What you have to do ->
Task for the listing below: copy it out in full, exactly.

[[ Records for this task, beginning ]]

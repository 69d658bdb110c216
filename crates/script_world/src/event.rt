// Events of a world, and the replies to them.
use state_facts::{Command, CommandReply, Refusal};
use state_ids::{Front, LraId, NodeId};
use std::alloc::AllocError;
use wire_frames::Version;

/// An event of a world.
#[derive(Debug, Drop)]
pub enum Event {
    /// A node is asked to carry out a command.
    Act {
        node: NodeId,
        command: Command,
    },
    /// A node sends what it has since a base, in this version of frames.
    Send {
        node: NodeId,
        base: Front,
        version: Version,
    },
    /// The first bytes of a frame that was sent, this many, arrive at a node. Frames are numbered
    /// from 1 in the order in which they are sent.
    Deliver {
        frame: usize,
        node: NodeId,
        kept: usize,
    },
    /// A node restarts with what it holds.
    Restart {
        node: NodeId,
    },
    /// A node is told the time, and cancels an LRA whose deadline has passed.
    Tick {
        node: NodeId,
        now: u64,
    },
}

impl Clone for Event {
    ghost use Rattle.std.specs.Prelude.{◌≡◌};

    ghost is_clone = { λ x y. y ≡ x };

    fn clone(&self) -> Result<Event, AllocError> {
        match self {
            Event::Act { node, command } => Ok(Event::Act {
                node: *node,
                command: command.clone()?,
            }),
            Event::Send {
                node,
                base,
                version,
            } => Ok(Event::Send {
                node: *node,
                base: *base,
                version: *version,
            }),
            Event::Deliver { frame, node, kept } => Ok(Event::Deliver {
                frame: *frame,
                node: *node,
                kept: *kept,
            }),
            Event::Restart { node } => Ok(Event::Restart { node: *node }),
            Event::Tick { node, now } => Ok(Event::Tick {
                node: *node,
                now: *now,
            }),
        }
    }
}

/// The reply to an event.
#[derive(Clone, Copy, Debug, PartialEq, Eq)]
pub enum EventReply {
    /// The reply to a command.
    Answered(CommandReply),
    /// This frame was sent.
    Sent(usize),
    /// The frame was taken.
    Took,
    /// The node restarted.
    Restarted,
    /// This LRA was cancelled because its deadline had passed.
    Expired(LraId),
    /// No LRA of the node was overdue.
    Quiet,
    /// The event was refused, and nothing happened.
    Refused(Refusal),
}

/// A run that stopped at an event because memory ran out. The events before it got these replies,
/// and the event itself has not happened.
#[derive(Debug, Drop)]
pub struct Stopped {
    /// The replies to the events before the stop.
    pub replies: Vec<EventReply>,
}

[[ Records for this task, end ]]

The answer ->
repository 69d658bdb110c216
filename crates/script_world/src/event.rt
// Events of a world, and the replies to them.
use state_facts::{Command, CommandReply, Refusal};
use state_ids::{Front, LraId, NodeId};
use std::alloc::AllocError;
use wire_frames::Version;

/// An event of a world.
#[derive(Debug, Drop)]
pub enum Event {
    /// A node is asked to carry out a command.
    Act {
        node: NodeId,
        command: Command,
    },
    /// A node sends what it has since a base, in this version of frames.
    Send {
        node: NodeId,
        base: Front,
        version: Version,
    },
    /// The first bytes of a frame that was sent, this many, arrive at a node. Frames are numbered
    /// from 1 in the order in which they are sent.
    Deliver {
        frame: usize,
        node: NodeId,
        kept: usize,
    },
    /// A node restarts with what it holds.
    Restart {
        node: NodeId,
    },
    /// A node is told the time, and cancels an LRA whose deadline has passed.
    Tick {
        node: NodeId,
        now: u64,
    },
}

impl Clone for Event {
    ghost use Rattle.std.specs.Prelude.{◌≡◌};

    ghost is_clone = { λ x y. y ≡ x };

    fn clone(&self) -> Result<Event, AllocError> {
        match self {
            Event::Act { node, command } => Ok(Event::Act {
                node: *node,
                command: command.clone()?,
            }),
            Event::Send {
                node,
                base,
                version,
            } => Ok(Event::Send {
                node: *node,
                base: *base,
                version: *version,
            }),
            Event::Deliver { frame, node, kept } => Ok(Event::Deliver {
                frame: *frame,
                node: *node,
                kept: *kept,
            }),
            Event::Restart { node } => Ok(Event::Restart { node: *node }),
            Event::Tick { node, now } => Ok(Event::Tick {
                node: *node,
                now: *now,
            }),
        }
    }
}

/// The reply to an event.
#[derive(Clone, Copy, Debug, PartialEq, Eq)]
pub enum EventReply {
    /// The reply to a command.
    Answered(CommandReply),
    /// This frame was sent.
    Sent(usize),
    /// The frame was taken.
    Took,
    /// The node restarted.
    Restarted,
    /// This LRA was cancelled because its deadline had passed.
    Expired(LraId),
    /// No LRA of the node was overdue.
    Quiet,
    /// The event was refused, and nothing happened.
    Refused(Refusal),
}

/// A run that stopped at an event because memory ran out. The events before it got these replies,
/// and the event itself has not happened.
#[derive(Debug, Drop)]
pub struct Stopped {
    /// The replies to the events before the stop.
    pub replies: Vec<EventReply>,
}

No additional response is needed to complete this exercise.